Dataset records
┌──

impl<'x, B: Books, R: Wait, G: Gate, C: LifeClock> Worker<'x, B, R, G, C> {
    /// The worker of the link with this place. Nothing has come on it yet.
    pub fn new(
        context: &'x Context<'x, R, G, C>,
        server: &'x LiveServer<B>,
        link: &'x Link,
        number: usize,
        seat: Seat<B>,
        refusals: Producer<Refusal>,
    ) -> Self
        requires { link.now.place ≡ number }
        ensures { result ≡ record {
          context = context.entry;
          server = server.entry;
          link = link.entry;
          number = number;
          calls = 0;
          feeder = new_feed;
          seat = seat;
          refusals = refusals;
          allowance = None;
          has_ended = false;
        } }
    {
        Worker {
            context,
            server,
            link,
            number,
            calls: 0,
            feeder: Feeder::new(context.alloc),
            seat,
            refusals,
            allowance: None,
            has_ended: false,
        }
    }

    /// Says, once, that the worker hands nothing in any more.
    pub(crate) fn end_input(&mut self)
        ensures { self.new ≡ record self.old { has_ended = true } }
    {
        if !self.has_ended {
            self.has_ended = true;
            self.server.signals.end_input();
        }
    }

    /// Reads a link, which has a sender, until it sends nothing more or may not go on.
    pub(crate) fn read(&mut self, stream: &TcpStream, _sending: &Sending) {
        let mut buffer = [0u8; PIECE];
        for _ in self.context.rt.forever() {
            match read_some(stream, &mut buffer) {
                Incoming::Nothing | Incoming::Late => {}
                Incoming::End => {
                    self.end();
                    break;
                }
                Incoming::Bytes(n) => {
                    let piece = buffer.get(..n).unwrap_or(&[]);
                    if !self.handle_piece(piece) || self.is_closed() {
                        break;
                    }
                }
            }
        }
    }

    // Whether this side closed the link: what came before that is no longer of use.
    fn is_closed(&self) -> bool {
        self.link.is_disconnected() || self.server.signals.is_stopped()
    }

    /// The input has ended. Inside a frame that is a fault, unless this side ended the input.
    pub(crate) fn end(&self) {
        let is_cut = self.link.is_disconnected() || self.server.signals.is_ending();
        if self.feeder.end().is_err() && !is_cut {
            self.count_fault();
        }
    }

    /// Counts the link as faulted: it is read no further because of what it sent.
    pub(crate) fn count_fault(&self) {
        self.server.signals.counts.faulted.add(1);
        let name = self.feeder.peer().map(|peer| recipient_of(&peer));
        self.server.tell(self.context.rt, Sight::Faulted(name));
    }

    // Whether the link is read on. Without memory it isn't, but that doesn't count as its fault.
    fn handle_piece(&mut self, piece: &[u8]) -> bool
        ensures heard { IsTrue result → (messages : List Message)
            × (Feeds self.old.feeder piece.now messages self.new.feeder
            × ((fault_in self.new.feeder.end ≡ None)
            × (AreHeard self.new.feeder.peer messages self.old.seat self.old.refusals
            self.new.seat self.new.refusals
            × ArePaidFor (copies_in messages) self.old.allowance self.new.allowance))) }
        ensures same { self.new ≡ record self.old {
          feeder = self.new.feeder;
          seat = self.new.seat;
          calls = self.new.calls;
          refusals = self.new.refusals;
          allowance = self.new.allowance;
        } }
    {
        match self.feeder.feed(piece) {
            Ok(fed) => self.handle_all(fed),
            Err(_) => false,
        }
    }

    /// Pays for copies, handles the messages, and counts the fault after them. Returns whether the
    /// link is read on. If the copies aren't paid for, no message is handled.
    pub(crate) fn handle_all(&mut self, fed: Fed) -> bool
        ensures fault { IsTrue result → fed.fault ≡ None }
        ensures paid { (self.new ≡ self.old)
            ⊎ ArePaidFor (copies_in fed.messages.items) self.old.allowance self.new.allowance }
        ensures whole { IsTrue result → ArePaidFor (copies_in fed.messages.items)
            self.old.allowance self.new.allowance }
        ensures heard { (heard : List Message) × ((left : List Message)
            × ((fed.messages.items ≡ heard ++ left)
            × (AreHeard self.old.feeder.peer heard self.old.seat self.old.refusals
            self.new.seat self.new.refusals × (IsTrue result → left ≡ [])))) }
        ensures same { self.new ≡ record self.old {
          seat = self.new.seat;
          calls = self.new.calls;
          refusals = self.new.refusals;
          allowance = self.new.allowance;
        } }
    {
        let Fed { messages, fault } = fed;
        if !self.pay(copies_in(&messages)) {
            return false;
        }
        for message in messages {
            if !self.handle_message(message) {
                return false;
            }
        }
        if fault.is_some() {
            self.count_fault();
        }
        fault.is_none()
    }

    // Pays for copies before they are handed in, and waits until they may come. Returns false, and
    // pays nothing, if the link is closed meanwhile, if the life ends and they may not come yet
    // after one wait, or if they are more than may ever come at once.
    fn pay(&mut self, copies: u64) -> bool
        ensures paid { IsTrue result
            → ArePaidFor copies self.old.allowance self.new.allowance }
        ensures unpaid { result ≡ false → self.new ≡ self.old }
        ensures same { self.new ≡ record self.old { allowance = self.new.allowance } }
    {
        let mut has_waited = false;
        for _ in self.context.rt.forever() {
            let now = self.context.clock.now();
            let Err(until) = self.pay_now(copies, now) else {
                return true;
            };
            let comes_later = now < until;
            if !comes_later || self.is_closed() || has_waited && self.server.signals.is_ending() {
                return false;
            }
            if !has_waited {
                self.server.signals.counts.slowed.add(1);
            }
            has_waited = true;
            self.wait_until(until.min(moved_on(now, LONGEST_PAUSE)));
        }
        false
    }

    // Pays for copies if they may come now. Otherwise nothing is changed, and the result is the
    // first moment at which they may come.
    fn pay_now(&mut self, copies: u64, now: Moment) -> Result<(), Moment>
        ensures paid { MatchResult result
            (λ _. ArePaidFor copies self.old.allowance self.new.allowance)
            (λ _. self.new ≡ self.old) }
        ensures same { self.new ≡ record self.old { allowance = self.new.allowance } }
    {
        match &mut self.allowance {
            Some(allowance) => allowance.pay(copies, now),
            None => Ok(()),
        }
    }

    // Waits until this moment, or until the link is closed.
    fn wait_until(&self, until: Moment) {
        self.context
            .clock
            .wait(self.context.rt, &self.link.pause, until);
    }

    // Handles a message. Returns whether the link is read on.
    fn handle_message(&mut self, message: Message) -> bool
        ensures heard { IsOneHeard self.old.feeder.peer message self.old.seat self.old.refusals
            self.new.seat self.new.refusals }
        ensures same { self.new ≡ record self.old
            { seat = self.new.seat; calls = self.new.calls; refusals = self.new.refusals } }
    {
        match message {
            // the name was given before
            Message::Greeting(_) => true,
            Message::Copy(copy) => {
                self.handle_copy(copy);
                true
            }
            Message::Line(line) => {
                self.handle_line(&line);
                true
            }
        }
    }

    // If the copy is refused, only the operators who watch learn of it.
    fn handle_copy(&mut self, copy: FrameCopy)
        ensures counted { self.old.calls + 1 < 2 ^ 64 → self.new.calls ≡ self.old.calls + 1 }
        ensures heard { (moment : ℕ) × ((turn : Turn)
            × HasMade self.old.seat self.new.seat moment (Heard copy.reception.gateway) turn) }
        ensures same { self.new ≡ record self.old
            { seat = self.new.seat; calls = self.new.calls } }
    {
        self.pass_gate();
        let rt = self.context.rt;
        let moment = self.context.clock.now();
        self.link.set_last_copy(moment);
        let reception = copy.reception;
        let name = if self.server.is_watched() {
            FrameName::of(copy.phy_payload.as_slice())
        } else {
            FrameName::Other
        };
        let event = Event::Hear(copy);
        let turn = self.server.handle(rt, &mut self.seat, moment, event);
        if let Some(refusal) = turn.refused {
            let sight = Sight::of_copy(refusal, name, reception);
            self.server.tell(rt, sight);
        }
        if has_decided(&turn) {
            self.server.signals.tell_frames();
        }
        self.server.signals.tell_opened();
    }

    // Answers an application's request: a refusal goes to the application.
    fn handle_line(&mut self, line: &Line)
        ensures gateway { (gateway : Eui) → self.old.feeder.peer ≡ Some (peers.Gateway gateway)
            → self.new ≡ self.old }
        ensures heard { IsOneHeard self.old.feeder.peer (said.Line line.now) self.old.seat
            self.old.refusals self.new.seat self.new.refusals }
        ensures same { self.new ≡ record self.old
            { seat = self.new.seat; calls = self.new.calls; refusals = self.new.refusals } }
    {
        let Some(application) = asking(self.feeder.peer()) else {
            return;
        };
        let refused = self.answer(application, line);
        self.tell_asker(refused);
    }

    // Handles a line. Returns why it is refused, if it is.
    fn answer(&mut self, application: Application, line: &Line) -> Option<Refusal>
        ensures answered { IsAnswered application line.now self.old.seat self.new.seat result }
        ensures same { self.new ≡ record self.old
            { seat = self.new.seat; calls = self.new.calls } }
    {
        match read_line(self.context.alloc, line.as_str()) {
            Ok(request) => self.ask(application, request),
            Err(refusal) => Some(refusal),
        }
    }

    fn tell_asker(&mut self, refused: Option<Refusal>)
        ensures told { IsTold refused self.old.refusals self.new.refusals }
        ensures same { self.new ≡ record self.old { refusals = self.new.refusals } }
    {
        if let Some(refusal) = refused {
            let _ = self.refusals.push(refusal);
            self.link.bell.unpark();
        }
    }

    fn ask(&mut self, application: Application, request: Request) -> Option<Refusal>
        ensures counted { self.old.calls + 1 < 2 ^ 64 → self.new.calls ≡ self.old.calls + 1 }
        ensures asked { (moment : ℕ) × ((turn : Turn)
            × (HasMade self.old.seat self.new.seat moment (Asked application) turn
            × (result ≡ turn.refused))) }
        ensures same { self.new ≡ record self.old
            { seat = self.new.seat; calls = self.new.calls } }
    {
        self.pass_gate();
        let moment = self.context.clock.now();
        let event = Event::Ask(request.into_command(application));
        let rt = self.context.rt;
        let turn = self.server.handle(rt, &mut self.seat, moment, event);
        if has_decided(&turn) {
            self.server.signals.ring_flusher();
        }
        turn.refused
    }

    fn pass_gate(&mut self)
        ensures counted { self.old.calls + 1 < 2 ^ 64 → self.new.calls ≡ self.old.calls + 1 }
        ensures same { self.new ≡ record self.old { calls = self.new.calls } }
    {
        self.calls = self.calls.saturating_add(1);
        self.context
            .gate
            .pass(self.number.saturating_add(1), self.calls);
    }
}
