ghost use Rattle.std.specs.Prelude.{Some};

use adequacy::adequacy;
use ra_base::{
    MemoryConsole, MemoryShelf, MemorySink, NoPause, Pause, Sink, SinkFault, Status, TableName,
};
use sample_totals::Recorder;
use std::alloc::Global;
use std::sync::Wait;
use std::test::Fail;
use std::thread::Threads;

type Tables = &'static [(TableName, &'static str)];

// A folder, words, and what is written.
#[derive(Clone, Copy)]
struct Answered {
    tables: Tables,
    words: &'static str,
    out: &'static str,
}

pub(crate) const ZONE: (TableName, &str) = (TableName::Zones, "name\nA\n");

// A unit of 100 MW that is never out, and one that always is.
pub(crate) const NEVER_OUT: (TableName, &str) = (
    TableName::Units,
    "name,zone,capacity,failure,repair\nU1,A,100,0,1\n",
);

pub(crate) const ALWAYS_OUT: (TableName, &str) = (
    TableName::Units,
    "name,zone,capacity,failure,repair\nU1,A,100,1,0\n",
);

// Loads of 60 MW in 24 hours.
pub(crate) const DAY: (TableName, &str) = (
    TableName::Load,
    "hour,A\n0,60\n1,60\n2,60\n3,60\n4,60\n5,60\n6,60\n7,60\n8,60\n9,60\n10,60\n11,60\n12,60\n13,60\n14,60\n15,60\n16,60\n17,60\n18,60\n19,60\n20,60\n21,60\n22,60\n23,60\n",
);

// A unit of 10 MW that changes its state each hour, and loads of 10 MW in two hours.
const ALTERNATING: (TableName, &str) = (
    TableName::Units,
    "name,zone,capacity,failure,repair\nU1,A,10,1,1\n",
);

const TWO_HOURS: (TableName, &str) = (TableName::Load, "hour,A\n0,10\n1,10\n");

const ONE_HOUR: (TableName, &str) = (TableName::Load, "hour,A\n1,8\n");

// As a spreadsheet writes it: a mark in front, other columns in another order, quotes, spaces, CRLF.
const SPREADSHEET: (TableName, &str) = (
    TableName::Units,
    "\u{feff}fuel,repair,name,zone,failure,capacity\r\ngas,0.98,\"U, one\",A,0.02,3.0\r\ncoal, 0.98 ,U2,A,2e-2,5\r\n",
);

const OPEN_QUOTE: (TableName, &str) = (
    TableName::Units,
    "\u{feff}fuel,repair,name,zone,failure,capacity\r\ngas,0.98,\"U, one\",A,0.02,3.0\r\ncoal, 0.98 ,U2,A,2e-2,5\r\n\"gas,0.98,U3,A,0.02,4",
);

const NOTHING_SHORT: &str = "samples 2
hours sum 0 mean 0.000 error 0.000
days sum 0 mean 0.000 error 0.000
events sum 0 mean 0.000 error 0.000
unserved sum 0 mean 0.000 error 0.000
zone A sum 0 mean 0.000 error 0.000
";

// What a console without lines writes: the last report.
const ONE_SAMPLE_REPORTED: &str = "gate next 1 target 1 sealed yes cancelled no
ranges 0..0
samples 1
hours sum 0 mean 0.000 error -
days sum 0 mean 0.000 error -
events sum 0 mean 0.000 error -
unserved sum 0 mean 0.000 error -
zone A sum 0 mean 0.000 error -
";

pub(crate) const ALL_SHORT: &str = "samples 2
hours sum 48 mean 24.000 error 0.000
days sum 2 mean 1.000 error 0.000
events sum 2 mean 1.000 error 0.000
unserved sum 2880 mean 1440.000 error 0.000
zone A sum 2880 mean 1440.000 error 0.000
cut A hours 48 unserved 2880
";

const ONE_SAMPLE: &str = "samples 1
hours sum 24 mean 24.000 error -
days sum 1 mean 1.000 error -
events sum 1 mean 1.000 error -
unserved sum 1440 mean 1440.000 error -
zone A sum 1440 mean 1440.000 error -
cut A hours 24 unserved 1440
";

const ONE_HOUR_EACH: &str = "samples 3
hours sum 3 mean 1.000 error 0.000
days sum 3 mean 1.000 error 0.000
events sum 3 mean 1.000 error 0.000
unserved sum 30 mean 10.000 error 0.000
zone A sum 30 mean 10.000 error 0.000
cut A hours 3 unserved 30
";

// A capacity that isn't whole, a unit that can neither fail nor be repaired, and hours with a gap.
const HALF_MW: (TableName, &str) = (
    TableName::Units,
    "name,zone,capacity,failure,repair\nU1,A,155.5,0,1\n",
);

const NO_RATE: (TableName, &str) = (
    TableName::Units,
    "name,zone,capacity,failure,repair\nU1,A,100,0,0\n",
);

const GAP: (TableName, &str) = (TableName::Load, "hour,A\n0,10\n1,10\n3,10\n");

const TWO_ZONES: (TableName, &str) = (TableName::Zones, "name\nA\nB\n");

const TWO_LOADS: (TableName, &str) = (TableName::Load, "hour,A,B\n0,40,50\n");

// 70 MW that are never out, and 30 MW from the first zone to the second.
const SEVENTY_MW: (TableName, &str) = (
    TableName::Units,
    "name,zone,capacity,failure,repair\nU1,A,70,0,1\n",
);

const ONE_WAY: (TableName, &str) = (
    TableName::Interfaces,
    "name,from,to,forward,backward\nI,A,B,30,0\n",
);

// 10 MW in the middle of three zones, of which the outer two want 10 MW each.
const THREE_ZONES: (TableName, &str) = (TableName::Zones, "name\nA\nB\nC\n");

const MIDDLE_UNIT: (TableName, &str) = (
    TableName::Units,
    "name,zone,capacity,failure,repair\nU1,B,10,0,1\n",
);

const CHAIN: (TableName, &str) = (
    TableName::Interfaces,
    "name,from,to,forward,backward\nI,A,B,10,10\nJ,B,C,10,10\n",
);

const THREE_LOADS: (TableName, &str) = (TableName::Load, "hour,A,B,C\n0,10,0,10\n");

const NO_UNIT: (TableName, &str) = (TableName::Units, "name,zone,capacity,failure,repair\n");

const BATTERY: (TableName, &str) = (
    TableName::Storages,
    "name,zone,charge,discharge,energy_kwh,start_kwh,charge_efficiency,discharge_efficiency,carryover,failure,repair\nS,A,20,20,60000,60000,1,0.9,1,0,1\n",
);

const FOUR_HOURS: (TableName, &str) = (TableName::Load, "hour,A\n0,30\n1,30\n2,30\n3,30\n");

// Three units that are out a fiftieth of the time, under 8 MW; and one of 100 MW under 80 MW.
const THREE_UNITS: (TableName, &str) = (
    TableName::Units,
    "name,zone,capacity,failure,repair\nU1,A,3,0.02,0.98\nU2,A,3,0.02,0.98\nU3,A,5,0.02,0.98\n",
);

const FIFTIETH_OUT: (TableName, &str) = (
    TableName::Units,
    "name,zone,capacity,failure,repair\nU1,A,100,0.02,0.98\n",
);

const EIGHTY_MW: (TableName, &str) = (TableName::Load, "hour,A\n0,80\n");

const OUTAGES: &str = "units 3 total 11
outage 0 low 1.000000000000 high 1.000000000000
outage 3 low 0.058807999999 high 0.058808000001
outage 5 low 0.020391999999 high 0.020392000001
outage 6 low 0.001183999999 high 0.001184000001
outage 8 low 0.000791999999 high 0.000792000001
outage 11 low 0.000007999999 high 0.000008000001
";
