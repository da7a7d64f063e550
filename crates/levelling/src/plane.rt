// A page plane moved into the frame, in one of two ways that meet one equation: which is taken carries no promise.
ghost use Rattle.std.specs.Prelude.{◌≡◌, ◌≤◌};
ghost use Rattle.memory.specs.rules.Limits.{max_page_side};
ghost use Rattle.memory.specs.rules.Words.{over};
ghost use Rattle.levelling.specs.rules.Frames.{frame_of};
ghost use Rattle.levelling.specs.stages.Rooms.{PlaneFits};
ghost use Rattle.levelling.specs.rules.Planes.{levelled};

use crate::Sides;
use crate::page_plane::PagePlane;

// Plateaus shorter than this on the average are slower than tiles: measured, no promise goes by it.
const SHORT: usize = 16;

// A page plane moved into the frame of these shears: the ink mask, where added dots are 0, and `level_gray`, where they are 255.
pub fn level_plane(
    page: &[u8],
    fill: u8,
    sides: Sides,
    shear: &[u32],
    shear_x: &[u32],
    out: &mut [u8],
)
    requires { (PlaneFits (frame_of sides.page_w sides.page_h shear.now shear_x.now sides.w sides.h) page.now out.old) × (sides.page_w ≤ max_page_side) }
    ensures { out.new ≡ over (levelled (frame_of sides.page_w sides.page_h shear.now shear_x.now sides.w sides.h) fill page.now) out.old }
{
    let plane = PagePlane {
        page,
        fill,
        sides,
        shear,
        shear_x,
    };
    if is_steep(shear) {
        plane.level_by_tiles(out);
    } else {
        plane.level_by_plateaus(out);
    }
}

// Whether a shear's plateaus are short: it runs one way, so it has one more than its ends differ.
fn is_steep(shear: &[u32]) -> bool {
    match (shear.first(), shear.last()) {
        (Some(first), Some(last)) => shear.len() / SHORT < first.abs_diff(*last) as usize,
        _ => false,
    }
}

└──

> Work item:
The answer must consist of every line in the records above that contains the word "goes".

> Reply:
    // Answers an application's request: a refusal goes to the application.
// Plateaus shorter than this on the average are slower than tiles: measured, no promise goes by it.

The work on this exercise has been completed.